** Opening Data for this task block **
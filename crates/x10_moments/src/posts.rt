//! Frames in flight: those that an event put out, and all of them.
ghost use Rattle.std.specs.Prelude.{◌≡◌, ◌<◌, ◌+◌, ◌^◌, ◌++◌, OnOk, IfOk, length};
ghost use Rattle.std.specs.String.{string_bytes};
ghost use Rattle.x10_flights.specs.Flights.{flight_of};
ghost use Rattle.x10_states.specs.Json.{comma, elements};
ghost use Rattle.x10_trace.specs.Trace.{in_range};
ghost use Rattle.x10_moments.specs.Moments.{flight_piece, flight_pieces, flights_text, frames_text, post_text, posts_text, told_text, words_of};

use std::alloc::{AllocError, Global};
use std::fmt::Write;
use x10_frame::FrameFault;
use x10_frame_lines::frame_lines;
use x10_states::{push_comma, push_json};
use x10_world::{Done, World};

/// The frames that an event put out, in the world right after it.
pub(crate) fn push_posts(
    alloc: Global,
    text: &mut String,
    world: &World,
    done: &Done,
) -> Result<(), AllocError>
    ensures { OnOk result (string_bytes text.new ≡ string_bytes text.old
        ++ posts_text (length world.now.places) world.now.flights done.now) }
{
    let Done::Moved { first, count, .. } = *done else {
        return text.push_str("[]");
    };
    push_frames(alloc, text, world, first, count)
}

/// The frames in flight among the `count` numbered from `first` on.
#[tactic(auto, unfolding(crate::specs::Moments::frames_text))]
fn push_frames(
    alloc: Global,
    text: &mut String,
    world: &World,
    first: u64,
    count: u64,
) -> Result<(), AllocError>
    ensures { OnOk result (string_bytes text.new ≡ string_bytes text.old
        ++ frames_text (length world.now.places) world.now.flights first (in_range first count)) }
{
    text.push_str("[")?;
    push_range(alloc, text, world, first, count)?;
    text.push_str("]")
}

/// Those of the `count` numbered from `first` on.
fn push_range(
    alloc: Global,
    text: &mut String,
    world: &World,
    first: u64,
    count: u64,
) -> Result<(), AllocError>
    ensures { OnOk result (string_bytes text.new ≡ string_bytes text.old
        ++ elements (in_range first count)
        (λ i. post_text (length world.now.places) (flight_of world.now.flights (first + i)))) }
{
    for i in 0..count.min(u64::MAX - first) {
        push_nth(alloc, text, world, first, i)?;
    }
    Ok(())
}

/// The one that comes `i` numbers behind `first`, with a comma before all but the first.
fn push_nth(
    alloc: Global,
    text: &mut String,
    world: &World,
    first: u64,
    i: u64,
) -> Result<(), AllocError>
    requires { first + i < 2 ^ 64 }
    ensures { OnOk result (string_bytes text.new ≡ string_bytes text.old ++ (comma i
        ++ post_text (length world.now.places) (flight_of world.now.flights (first + i)))) }
{
    push_comma(text, i as usize)?;
    push_post(alloc, text, world, first + i)
}

/// The frame in flight with a number.
#[tactic(auto, unfolding(crate::specs::Moments::post_text))]
fn push_post(alloc: Global, text: &mut String, world: &World, number: u64) -> Result<(), AllocError>
    ensures { OnOk result (string_bytes text.new ≡ string_bytes text.old
        ++ post_text (length world.now.places) (flight_of world.now.flights number)) }
{
    let Some((to, bytes)) = world.frame(number) else {
        return text.push_str("null");
    };
    let words = words(alloc, bytes, world.count())?;
    push_words(text, number, to, &words)
}

/// How many frames were put out, and those of them that are in flight. Linear in that number.
#[tactic(auto, unfolding(crate::specs::Moments::flights_text))]
pub(crate) fn push_flights(
    alloc: Global,
    text: &mut String,
    world: &World,
) -> Result<(), AllocError>
    ensures { OnOk result (string_bytes text.new ≡ string_bytes text.old
        ++ flights_text (length world.now.places) world.now.flights) }
{
    let count = world.posted();
    write!(text, "[{count}")?;
    push_first_flights(alloc, text, world, count)?;
    text.push_str("]")
}

/// Those of the first `count` frames that are in flight, each behind a comma.
fn push_first_flights(
    alloc: Global,
    text: &mut String,
    world: &World,
    count: u64,
) -> Result<(), AllocError>
    ensures { OnOk result (string_bytes text.new ≡ string_bytes text.old
        ++ flight_pieces (length world.now.places) world.now.flights count) }
{
    for number in 0..count {
        push_flight(alloc, text, world, number)?;
    }
    Ok(())
}

/// The frame with a number behind a comma, if it is in flight.
fn push_flight(
    alloc: Global,
    text: &mut String,
    world: &World,
    number: u64,
) -> Result<(), AllocError>
    ensures { OnOk result (string_bytes text.new ≡ string_bytes text.old
        ++ flight_piece (length world.now.places) (flight_of world.now.flights number)) }
{
    let Some((to, bytes)) = world.frame(number) else {
        return Ok(());
    };
    let words = words(alloc, bytes, world.count())?;
    text.push(',')?;
    push_words(text, number, to, &words)
}

/// A frame in flight: its number, where it goes, and what it says.
#[tactic(auto, unfolding(crate::specs::Moments::told_text))]
fn push_words(text: &mut String, number: u64, to: u16, words: &str) -> Result<(), AllocError>
    ensures { OnOk result (string_bytes text.new
        ≡ string_bytes text.old ++ told_text number to words.now) }
{
    write!(text, "[{number},{to},")?;
    push_json(text, words)?;
    text.push_str("]")
}

/// What a frame says, as lines; nothing of bytes that are no frame.
fn words(alloc: Global, bytes: &[u8], places: u16) -> Result<String, AllocError>
    ensures { IfOk result (λ text. string_bytes text ≡ words_of places bytes.now) }
{
    match frame_lines(alloc, bytes, places) {
        Ok(text) => Ok(text),
        Err(FrameFault::Memory) => Err(AllocError),
        Err(_) => Ok(String::new(alloc)),
    }
}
** Closing Data for this task block **
# [Description of the task]
Return each line of the records above in which the word "elements" occurs.

# [Written answer]
ghost use Rattle.x10_states.specs.Json.{comma, elements};
        ++ elements (in_range first count)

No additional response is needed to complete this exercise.